Tuesday, July 12, 2005

Wolves in Berlin
Europe’s Demographic Crisis
July 11, 2005

In a well-known urban legend, college students simultaneously flush all the toilets on campus and break down the town’s sewage system. While this story about overtaxing a sanitation system may be a myth, real-world Germans have learned what happens when you don’t tax the system enough. It’s a vivid example of the damage caused by the “birth dearth.”

The “birth dearth” is what demographers call plummeting birth rates in most of the industrialized world. Throughout Western Europe and East Asia, the birth rate is well below 2.1 births per woman—which is the minimum needed to maintain a stable population.
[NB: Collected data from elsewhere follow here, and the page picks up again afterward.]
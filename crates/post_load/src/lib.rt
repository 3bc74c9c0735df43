// The functions of a load, which crate `post_load_c` exports for a Rust or C program.
// A contract is one equation: the answer and the slices at exit are those of the call's definition.
#![tactic(auto)]

ghost use Rattle.std.specs.Prelude.{◌≡◌, false, length};
ghost use Rattle.generator.specs.Draws.{drawn};
ghost use Rattle.generator.specs.Leaps.{undoing};
ghost use Rattle.post_load.specs.Calls.{called, short_load, framed, coefficiented, pulsed, load_frame_call};

use layout::frame::{COEFS, FRAME};
use load::{
    before, control_of, is_received, lines_of, load_refusal, params_of, pulses_of, rows_of,
};
use numbers::{put_coefs, put_frame};
use refusal::code;
use sigproc::copy_at;

// Too few numbers for a frame, or places for pulses.
#[tactic(auto, unfolding(crate::specs::Calls::short_load))]
fn short_load(frame: usize, coefs: usize, pulses: usize) -> bool
    ensures { result ≡ short_load frame coefs pulses }
{
    frame < FRAME || coefs < COEFS || pulses < 320
}

// The frame whose draws follow x, put into the slices.
#[tactic(auto, using(crate::proofs::Ends::long))]
fn put_load(
    rate: i32,
    subframes: i32,
    x: i32,
    frame: &mut [i32],
    coefs: &mut [i16],
    pulses: &mut [i16],
)
    requires { short_load (length frame.old) (length coefs.old) (length pulses.old) ≡ false }
    ensures { (frame.new ≡ framed rate subframes x frame.old)
        × (coefs.new ≡ coefficiented rate x coefs.old)
        × (pulses.new ≡ pulsed x pulses.old) }
{
    let q = params_of(x);
    let c = control_of(x, rate);
    let rows = rows_of(x);
    let lines = lines_of(x);
    let p = pulses_of(x);
    put_frame(frame, is_received(x), rate, subframes, q, c);
    put_coefs(coefs, c, rows, lines);
    copy_at(pulses, 0, &p);
}

// C interface: its parameters are post_load_c's.
pub fn post_load_frame(
    rate: i32,
    subframes: i32,
    seed: i32,
    number: u32,
    frame: &mut [i32],
    coefs: &mut [i16],
    pulses: &mut [i16],
) -> i32
    ensures { called result frame.new coefs.new pulses.new
        ≡ load_frame_call rate subframes seed number frame.old coefs.old pulses.old }
{
    if short_load(frame.len(), coefs.len(), pulses.len()) {
        return -1;
    }
    let judged = load_refusal(rate, subframes, number);
    if judged.is_ok() {
        put_load(rate, subframes, before(seed, number), frame, coefs, pulses);
    }
    code(judged)
}

// The generator after a number of draws, in one leap.
pub fn post_load_leap(seed: i32, draws: u64) -> i32
    ensures { result ≡ drawn seed draws }
{
    generator::drawn(seed, draws)
}

// How many draws undo these.
pub fn post_load_undoing(draws: u64) -> u64
    ensures { result ≡ undoing draws }
{
    generator::undoing(draws)
}
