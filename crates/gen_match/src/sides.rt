//! Sides of a message.

/// The side on which a log tells a message.
#[derive(Clone, Copy)]
pub enum Side {
    /// The sender's log, by a SEND.
    Sender,
    /// The receiver's log, by a RECV.
    Receiver,
}
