//! Finds the logs that reports tell.
ghost use Rattle.std.specs.Prelude.{◌≡◌, ◌∷◌, [], IfSome, IfNone};
ghost use Rattle.std.specs.Option.{option_map};
ghost use Rattle.gen_local.specs.Erased.{erased};
ghost use Rattle.gen_match.specs.Reports.{reports_of, told_logs};

use gen_local::{LocalReport, Reading};
use gen_log::Log;
use gen_types::GeneralNo;

/// Returns the first report of a general, and the reports after it.
fn next_of(reports: &[LocalReport], general: GeneralNo) -> Option<(&LocalReport, &[LocalReport])>
    ensures some { IfSome result (λ found.
        reports_of reports.now general ≡ found.0.now ∷ reports_of found.1.now general) }
    ensures none { IfNone result (reports_of reports.now general ≡ []) }
{
    let mut rest = reports;
    while let Some((report, others)) = rest.split_first() {
        if report.exhibit().general() == general {
            return Some((report, others));
        }
        rest = others;
    }
    None
}

/// Returns the log of a general's one report, if its exhibit is a log of this general and its run. None is returned
/// otherwise, and if the general has no report or several.
pub(crate) fn log_reported(reports: &[LocalReport], general: GeneralNo) -> Option<&Log>
    ensures { option_map (λ log. erased log.now.entries) result ≡ told_logs reports.now general }
{
    let (report, others) = next_of(reports, general)?;
    match (next_of(others, general), report.reading()) {
        (None, Reading::Own(own)) => Some(own.log()),
        _ => None,
    }
}
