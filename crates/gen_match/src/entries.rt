//! Gives the entries of the logs of the rest.
ghost use Rattle.std.specs.Prelude.{◌≡◌};
ghost use Rattle.gen_log.specs.Entry.{erase};
ghost use Rattle.gen_local.specs.Erased.{erased};
ghost use Rattle.gen_match.specs.Reports.{told_logs};
ghost use Rattle.gen_match.specs.Rest as rest;

use crate::telling::log_reported;
use gen_local::LocalReport;
use gen_log::Entry;
use gen_net::Header;
use gen_types::{GeneralNo, GeneralSet};

/// Whether a general is of the rest.
pub(crate) fn is_rest(header: &Header, faulty: &GeneralSet, general: GeneralNo) -> bool
    ensures { result ≡ rest.is_rest header.now.network faulty.now general }
{
    general.get() < header.net().generals() && !faulty.contains(general)
}

/// Returns the entries of a general's log; none if the general isn't of the rest or has no log that counts.
pub(crate) fn rest_entries<'a>(
    header: &Header,
    faulty: &GeneralSet,
    reports: &'a [LocalReport],
    general: GeneralNo,
) -> &'a [Entry]
    ensures { erased result.now
        ≡ rest.rest_entries header.now.network faulty.now (told_logs reports.now) general }
{
    if !is_rest(header, faulty, general) {
        return &[];
    }
    match log_reported(reports, general) {
        Some(log) => log.entries(),
        None => &[],
    }
}

/// Makes known the ranges of an entry's numbers, which its types keep.
pub(crate) fn note_ranges(entry: &Entry)
    ensures { rest.IsSmall (erase entry.now) }
{
    match entry {
        Entry::Send { order, path, .. } => {
            let _order = order.get();
            let _len = path.len();
        }
        Entry::Recv { from, chain } => {
            let _from = from.get();
            let _order = chain.order().get();
            let _len = chain.path().len();
        }
        _ => {}
    }
}
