//! Laws of logs that are matched. Each is a function with an empty body whose contract is the law: a caller
//! that calls it knows the law.
ghost use Rattle.gen_match.specs.Sources.{DerivableAtLast};

/// States that a received chain with a general of the rest in its path is derivable if and only if the path up to its
/// last such general has a source. A source is a shorter path of that order that begins so, and that a general of the
/// rest sent to a faulty general.
pub fn derivable_at_last()
    ensures { DerivableAtLast }
{}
Environmentalist dogma argues that plummeting birth rates are a good thing: People cause pollution, we’re told. Well, officials in countries like Japan, Korea, and Germany now know better. In these and other so-called “advanced” societies, shrinking populations threaten their way of life and their cultural identity.

In Japan, for example, a birth rate that is barely half of “replacement level” has forced the closure of more than two thousand schools in the past ten years, with hundreds more closures to come. It’s left the government wondering who will support Japan’s aging population. These and other concerns, like the possible extinction of the Japanese people, have prompted older Japanese to call their childless children “parasite singles.”